Hypothesis: Team Rio hypothesizes that combining complex human cell culture models such as 3-dimensional brain organoids with sophisticated genome-scale functional analysis will allow the team to elucidate how diverse genetic factors interact and contribute to the risk of developing Parkinson’s disease, thereby informing the development of early detection diagnostics and advanced treatment options.

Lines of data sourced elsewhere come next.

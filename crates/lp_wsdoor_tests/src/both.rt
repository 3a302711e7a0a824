//! A wire that has players of both kinds.
ghost use Rattle.std.specs.Prelude.{None};

use crate::stream::{HELLO, REQUEST, frame};
use lp_events::octets::Octets;
use lp_mio_wire::Entrances;
use lp_wire::happening::Happening;
use lp_wire::memory::MemWire;
use lp_wire::wire::{Wire, WireError};
use lp_wsdoor::DoorWire;
use std::alloc::{AllocError, Global};
use std::test::Fail;

/// A wire in memory at which each second connection comes in by a WebSocket. It tells nothing.
#[derive(Drop)]
struct Entered {
    wire: MemWire,
}

impl Wire for Entered {
    ghost faults = { λ w. w.wire.polls.failed };

    ghost first = { λ w. w.wire.moment };

    ghost calls = { λ _. None };

    fn opening(&self) -> u64 {
        self.wire.opening()
    }

    fn poll(&mut self) -> Result<Happening, WireError> {
        self.wire.poll()
    }

    fn send(&mut self, k: u32, piece: &[u8]) -> usize {
        self.wire.send(k, piece)
    }

    fn close(&mut self, k: u32) {
        self.wire.close(k);
    }
}

impl Entrances for Entered {
    fn is_web(&self, k: u32) -> bool {
        k % 2 == 0
    }
}

fn piece(alloc: Global, k: u32, bytes: &[u8]) -> Result<Happening, AllocError> {
    Ok(Happening::Piece(k, Octets::from_slice(alloc, bytes)?))
}

// What comes inside: one of telnet, a handshake that is not at its end, a second one of telnet, the rest of the handshake, lines, a close.
fn coming(alloc: Global) -> Result<Vec<Happening>, AllocError> {
    let mut all = Vec::new(alloc);
    all.push(Happening::Accept(1))?;
    all.push(Happening::Accept(2))?;
    all.push(piece(alloc, 2, &REQUEST[..20])?)?;
    all.push(Happening::Accept(3))?;
    all.push(piece(alloc, 3, b"look\r\n".as_slice())?)?;
    all.push(piece(alloc, 2, &REQUEST[20..])?)?;
    all.push(piece(alloc, 2, HELLO)?)?;
    all.push(piece(alloc, 0, b"stop\n".as_slice())?)?;
    all.push(piece(alloc, 2, &HELLO[..4])?)?;
    all.push(piece(alloc, 2, &HELLO[4..])?)?;
    all.push(piece(
        alloc,
        2,
        frame(alloc, 0x88, b"\x03\xe8".as_slice())?.as_slice(),
    )?)?;
    all.push(Happening::Lost(1))?;
    all.push(Happening::Lost(2))?;
    all.push(Happening::Accept(4))?;
    all.push(Happening::Tick(5))?;
    all.push(Happening::Tick(11))?;
    all.push(Happening::Lost(4))?;
    Ok(all)
}

// The next happening that is one.
fn next<N: Wire>(wire: &mut N) -> Happening {
    for _ in 0..20 {
        match wire.poll() {
            Ok(Happening::Idle) => {}
            Ok(happening) => return happening,
            Err(_) => return Happening::Idle,
        }
    }
    Happening::Idle
}

fn accepts<N: Wire>(wire: &mut N, number: u32) -> bool {
    matches!(next(wire), Happening::Accept(k) if k == number)
}

fn loses<N: Wire>(wire: &mut N, number: u32) -> bool {
    matches!(next(wire), Happening::Lost(k) if k == number)
}

fn hears<N: Wire>(wire: &mut N, number: u32, text: &[u8]) -> bool {
    match next(wire) {
        Happening::Piece(k, bytes) => k == number && bytes.as_slice() == text,
        _ => false,
    }
}

fn ticks<N: Wire>(wire: &mut N, moment: u64) -> bool {
    matches!(next(wire), Happening::Tick(now) if now == moment)
}

#[test]
fn players_of_both_kinds(rt: HostRuntime) -> Result<(), Fail> {
    let alloc = rt.alloc();
    let inside = MemWire::new(alloc, 0, coming(alloc)?, Vec::new(alloc), Vec::new(alloc));
    let mut wire = DoorWire::new(alloc, Entered { wire: inside });
    assert!(rt; accepts(&mut wire, 1) && accepts(&mut wire, 2));
    assert!(rt; hears(&mut wire, 2, b"look\r\n".as_slice()));
    assert!(rt; wire.send(3, b"x".as_slice()) == 0);
    assert!(rt; accepts(&mut wire, 3));
    assert!(rt; wire.send(1, b"Hi\r\n".as_slice()) == 4 && wire.send(3, b"Hi\r\n".as_slice()) == 4);
    assert!(rt; hears(&mut wire, 3, b"Hello\r\n".as_slice()));
    assert!(rt; hears(&mut wire, 0, b"stop\n".as_slice()));
    assert!(rt; hears(&mut wire, 3, b"Hello\r\n".as_slice()));
    assert!(rt; loses(&mut wire, 3));
    assert!(rt; loses(&mut wire, 1));
    assert!(rt; ticks(&mut wire, 5) && ticks(&mut wire, 11));
    assert!(rt; matches!(next(&mut wire), Happening::Idle));
    Ok(())
}
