//! The efun `command`.
ghost use Rattle.std.specs.Prelude.{◌≡◌, ◌≤◌, All, IfOk, OnOk, drop, length, map, take, true};
ghost use Rattle.lp_cells.specs.Cells.{IsThere, Store};
ghost use Rattle.lp_values.specs.Errors.{bad_arg};
ghost use Rattle.lp_instr.specs.EfunKinds.{kinds};
ghost use Rattle.lp_instr.specs.EfunList.{efun_name};
ghost use Rattle.lp_efuns.specs.declared.answer.Answer.{Answer as A};
ghost use Rattle.lp_commanding.specs.declared.job.CommandBegun.{CommandBegun as B};
ghost use Rattle.lp_language.specs.Course.{State};
ghost use Rattle.lp_language.specs.Operations.{cells_of, living};
ghost use Rattle.lp_meaning.specs.EfunArguments.{first_bad, price_before};
ghost use Rattle.lp_ops.specs.Operands.{operand};
ghost use Rattle.lp_world.specs.Rows.{live_in};
ghost use Rattle.lp_step.specs.Steps.{IsFit};
ghost use Rattle.lp_efuns.specs.Plain.{IsAnswerThere};
ghost use Rattle.lp_commanding.specs.Efuns.{ActsCommand, BeginsCommand, CanCommand, EndsCommand, IsBegunReady, IsBegunThere};

use crate::job::CommandBegun;
use lp_calling::job::CallingFault;
use lp_cells::cells::Cells;
use lp_efuns::answer::{Answer, Did};
use lp_efuns::arguments::text_shared;
use lp_efuns::caller::Caller;
use lp_efuns::objects::is_living;
use lp_efuns::plain::{bad_argument, finish, pay_wide};
use lp_instr::efun::Efun;
use lp_value_efuns::fit::first_bad;
use lp_value_efuns::price::price_before;
use lp_values::id::ObjId;
use lp_values::value::{Living, Value};
use lp_world::live::Live;
use lp_world::objects::ObjectTable;

/// Takes all values from a place on.
fn cut(stack: &mut Vec<Value>, low: usize)
    ensures items { stack.new.items ≡ take low stack.old.items }
    ensures keeps { (live : _) → IsFit live stack.old.items → IsFit live stack.new.items }
{
    stack.truncate(low);
}

/// The values from a place on.
fn above(stack: &Vec<Value>, low: usize) -> &[Value]
    requires { low ≤ length stack.now.items }
    ensures { result.now ≡ drop low stack.now.items }
{
    &stack[low..]
}

/// What `command` costs before it acts, with the arguments above a place.
fn price_above(stack: &Vec<Value>, low: usize, cells: &Cells, objects: &ObjectTable) -> u128
    requires low { low ≤ length stack.now.items }
    requires there { All (IsThere cells.now) stack.now.items }
    ensures { (s : State) → living s ≡ live_in objects.now → cells_of s ≡ cells.now → result ≡ price_before Efun.Command (drop low stack.now.items) s }
{
    price_before(Efun::Command, above(stack, low), cells, objects)
}

/// The number, counted from 1, of the first argument above a place that is no text.
fn bad_above(stack: &Vec<Value>, low: usize, objects: &ObjectTable) -> Option<u64>
    requires low { low ≤ length stack.now.items }
    ensures { (cells : Store) → result ≡ first_bad 1 (kinds Efun.Command) (map (operand (live_in objects.now) cells) (drop low stack.now.items)) }
{
    first_bad(Efun::Command, above(stack, low), objects)
}

/// Whether an object can carry out lines: it is live and living.
fn can_command(live: &Live, o: ObjId) -> bool
    ensures can { CanCommand result live.now o }
    ensures live { result ≡ true → live_in live.now.objects o ≡ true }
{
    if !live.objects.is_live(o) {
        return false;
    }
    is_living(&live.objects, o)
}

/// A line was carried out with this value, and `this_player()` was put back: `command` ends with it, once its price is paid. Where that
/// cannot be paid the budget is spent. Takes no memory.
pub fn end_efun(live: &Live, value: Value, budget: &mut u64) -> Answer
    requires there { IsThere live.now.cells value }
    ensures ends { EndsCommand result value live.now budget.old budget.new }
    ensures there { IsAnswerThere live.now.cells result }
    ensures spends { budget.new ≤ budget.old }
{
    finish(
        Efun::Command,
        Did::Value(value),
        &live.cells,
        &live.objects,
        budget,
    )
}

/// `command` acts, whose arguments are paid and of their kinds.
fn act(
    live: &Live,
    caller: &Caller<'_>,
    stack: &mut Vec<Value>,
    low: usize,
    budget: &mut u64,
) -> Result<CommandBegun, CallingFault>
    requires low { low ≤ length stack.old.items }
    requires fit { IsFit live.now stack.old.items }
    ensures acts { IfOk result (λ r. ActsCommand r caller.now live.now low stack.old.items budget.old stack.new.items budget.new) }
    ensures fit { OnOk result (IsFit live.now stack.new.items) }
    ensures there { IfOk result (IsBegunThere live.now.cells) }
    ensures ready { IfOk result (IsBegunReady live.now.objects) }
    ensures spends { budget.new ≤ budget.old }
{
    if !can_command(live, caller.this) {
        cut(stack, low);
        return Ok(CommandBegun::Ends(end_efun(live, Value::Int(0), budget)));
    }
    let line = text_shared(live.alloc, above(stack, low), 0)?;
    cut(stack, low);
    Ok(CommandBegun::Runs(caller.this, line))
}

/// An argument of `command` is no text, which is an error. Arguments count from 1.
fn refuse(
    live: &Live,
    stack: &mut Vec<Value>,
    low: usize,
    number: u64,
) -> Result<CommandBegun, CallingFault>
    ensures ends { IfOk result (λ r. (r ≡ B.Ends (A.Error (bad_arg number (efun_name Efun.Command)))) × (stack.new.items ≡ take low stack.old.items)) }
    ensures there { IfOk result (IsBegunThere live.now.cells) }
    ensures ready { IfOk result (IsBegunReady live.now.objects) }
    ensures keeps { OnOk result ((live : _) → IsFit live stack.old.items → IsFit live stack.new.items) }
{
    let answer = bad_argument(live.alloc, Efun::Command, number)?;
    cut(stack, low);
    Ok(CommandBegun::Ends(answer))
}

/// `command` begins, with so many arguments on top of the stack, which are gone then.
///
/// The price before is paid first; then an argument that is no text is an error; then the object of the caller is to carry out the line,
/// as `this_player()`, where it is live and living, and else the value is 0, whose price is paid.
///
/// # Errors
/// `NoMemory`.
pub fn begin_efun(
    live: &Live,
    caller: &Caller<'_>,
    stack: &mut Vec<Value>,
    args: usize,
    budget: &mut u64,
) -> Result<CommandBegun, CallingFault>
    requires args { args ≤ length stack.old.items }
    requires fit { IsFit live.now stack.old.items }
    ensures begins { IfOk result (λ r. BeginsCommand r caller.now live.now stack.old.items args budget.old stack.new.items budget.new) }
    ensures fit { OnOk result (IsFit live.now stack.new.items) }
    ensures there { IfOk result (IsBegunThere live.now.cells) }
    ensures ready { IfOk result (IsBegunReady live.now.objects) }
    ensures spends { budget.new ≤ budget.old }
{
    let low = stack.len() - args;
    let before = price_above(stack, low, &live.cells, &live.objects);
    let is_paid = pay_wide(budget, before);
    if !is_paid {
        cut(stack, low);
        return Ok(CommandBegun::Ends(Answer::Spent));
    }
    match bad_above(stack, low, &live.objects) {
        Some(number) => refuse(live, stack, low, number),
        None => act(live, caller, stack, low, budget),
    }
}
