//! A whole talk over one door.
use crate::stream::{ACCEPTED, HELLO, Pieces, REQUEST, frame};
use lp_wsdoor::{Door, DoorFault, DoorIn};
use std::alloc::{AllocError, Global};
use std::test::Fail;

// Whether a read gives this line.
fn hears(door: &mut Door<Pieces>, line: &[u8]) -> bool {
    match door.read() {
        Ok(DoorIn::Line(heard)) => heard.as_slice() == line,
        _ => false,
    }
}

fn ignores(door: &mut Door<Pieces>) -> bool {
    matches!(door.read(), Ok(DoorIn::Ignored))
}

fn closes(door: &mut Door<Pieces>) -> bool {
    matches!(door.read(), Ok(DoorIn::Closing))
}

// Whether what was written ends with these bytes, which are then forgotten.
fn wrote(door: &mut Door<Pieces>, bytes: &[u8]) -> bool {
    let written = &mut door.stream().written;
    let same = written.as_slice() == bytes;
    written.clear();
    same
}

// The frames of a player: a line in two pieces, nothing, one that a ping parts, bytes that no line has, a long one, a pong.
fn player(alloc: Global) -> Result<Vec<Vec<u8>>, AllocError> {
    let long = vec![in alloc; 120; 4097]?;
    let mut pieces = Vec::new(alloc);
    pieces.push(frame(alloc, 0x81, b"".as_slice())?)?;
    pieces.push(frame(alloc, 0x01, b"lo".as_slice())?)?;
    pieces.push(frame(alloc, 0x89, b"abc".as_slice())?)?;
    pieces.push(frame(alloc, 0x80, b"ok".as_slice())?)?;
    pieces.push(frame(alloc, 0x81, b"a\0b\r\nc".as_slice())?)?;
    let whole = frame(alloc, 0x81, long.as_slice())?;
    let cut = whole.len().min(4000);
    pieces.push(whole[..cut].to_vec(alloc)?)?;
    pieces.push(whole[cut..].to_vec(alloc)?)?;
    pieces.push(frame(alloc, 0x8A, b"".as_slice())?)?;
    Ok(pieces)
}

// A talk that ends with a frame; what is to come of it is told by the caller.
fn opened(alloc: Global, last: &[u8]) -> Result<Result<Door<Pieces>, DoorFault>, AllocError> {
    let mut all = Vec::new(alloc);
    all.push(REQUEST.to_vec(alloc)?)?;
    all.push(HELLO[..3].to_vec(alloc)?)?;
    all.push(HELLO[3..].to_vec(alloc)?)?;
    for piece in player(alloc)? {
        all.push(piece)?;
    }
    all.push(last.to_vec(alloc)?)?;
    let mut slices = Vec::new(alloc);
    for piece in &all {
        slices.push(piece.as_slice())?;
    }
    Ok(Door::accept(alloc, Pieces::new(alloc, slices.as_slice())?))
}

// What was read of the player, and what was sent.
fn talks(alloc: Global, door: &mut Door<Pieces>) -> Result<bool, AllocError> {
    let long = vec![in alloc; 120; 4096]?;
    let greeted = door
        .stream()
        .written
        .windows(ACCEPTED.len())
        .any(|w| w == ACCEPTED);
    door.stream().written.clear();
    let heard = hears(door, b"Hello".as_slice()) && hears(door, b"".as_slice());
    let said = door.send(b"Hello".as_slice()).is_ok() && wrote(door, b"\x81\x05Hello".as_slice());
    let marked = door.send(b"Hi\r\n\xff\xfb\x01".as_slice()).is_ok()
        && wrote(door, b"\x81\x04Hi\n\x02".as_slice());
    let pinged = ignores(door) && hears(door, b"look".as_slice());
    let ponged = wrote(door, b"\x8a\x03abc".as_slice());
    let rest = hears(door, b"abc".as_slice()) && hears(door, long.as_slice()) && ignores(door);
    Ok(greeted && heard && said && marked && pinged && ponged && rest)
}

#[test]
fn a_binary_message_ends_a_talk(rt: HostRuntime) -> Result<(), Fail> {
    let alloc = rt.alloc();
    let last = frame(alloc, 0x82, b"abc".as_slice())?;
    let mut door = match opened(alloc, last.as_slice())? {
        Ok(door) => door,
        Err(_) => panic!(rt; "the handshake is refused"),
    };
    assert!(rt; talks(alloc, &mut door)?);
    assert!(rt; closes(&mut door));
    assert!(rt; wrote(&mut door, b"\x88\x02\x03\xeb".as_slice()));
    Ok(())
}

#[test]
fn a_close_ends_a_talk(rt: HostRuntime) -> Result<(), Fail> {
    let alloc = rt.alloc();
    let last = frame(alloc, 0x88, b"\x03\xe8".as_slice())?;
    let mut door = match opened(alloc, last.as_slice())? {
        Ok(door) => door,
        Err(_) => panic!(rt; "the handshake is refused"),
    };
    assert!(rt; talks(alloc, &mut door)?);
    assert!(rt; closes(&mut door));
    assert!(rt; door.flush().is_ok());
    assert!(rt; wrote(&mut door, b"\x88\x02\x03\xe8".as_slice()));
    Ok(())
}

#[test]
fn what_asks_for_no_socket_is_refused(rt: HostRuntime) -> Result<(), Fail> {
    let alloc = rt.alloc();
    let stream = Pieces::new(alloc, &[b"GET / HTTP/1.1\r\nHost: x\r\n\r\n".as_slice()])?;
    assert!(rt; matches!(Door::accept(alloc, stream), Err(DoorFault::Socket)));
    Ok(())
}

Study Design: Team Rio will genetically engineer human embryonic stem cells to model the genetic alterations known to increase risk for Parkinson’s disease and turn those cells into disease-relevant cell types such as dopamine neurons. By profiling the gene expression changes caused by these known Parkinson’s disease risk variants, the team will decipher the key molecular signatures that contribute to Parkinson’s disease. Once identified, the team will confirm these genetic signatures in patient samples and validate their effects in animal models.
Impact on Diagnosis/Treatment of Parkinson’s Disease: Elucidating how Parkinson’s disease genetic risk variants affect cell biology has promise to identify disease-specific biomarkers and novel treatment options.
This project uses state-of-the-art functional genomics approaches to identify gene expression and RNA splicing signatures that may lead to the development of novel pharmacological interventions for Parkinson’s disease or biomarkers for early diagnosis and disease progression. View Team Outcomes.
Here is an overview of how this team’s article findings have contributed to the PD field as of November 2023. There are two different categorizations of these contributions – one by impact to the PD community and a second by scientific theme.
Below is an example of a research output from the team that contributes to the ASAP mission of accelerating discoveries for PD.
Team Rio has introduced the technology and resources required for the generation of mutated hiPSC lines. Although early in inception for the phenotypic analyses, the study and the associated cell lines represent important steps to understanding the genetic pathways of PD, and support clear experimental work to resolve molecular features of disease.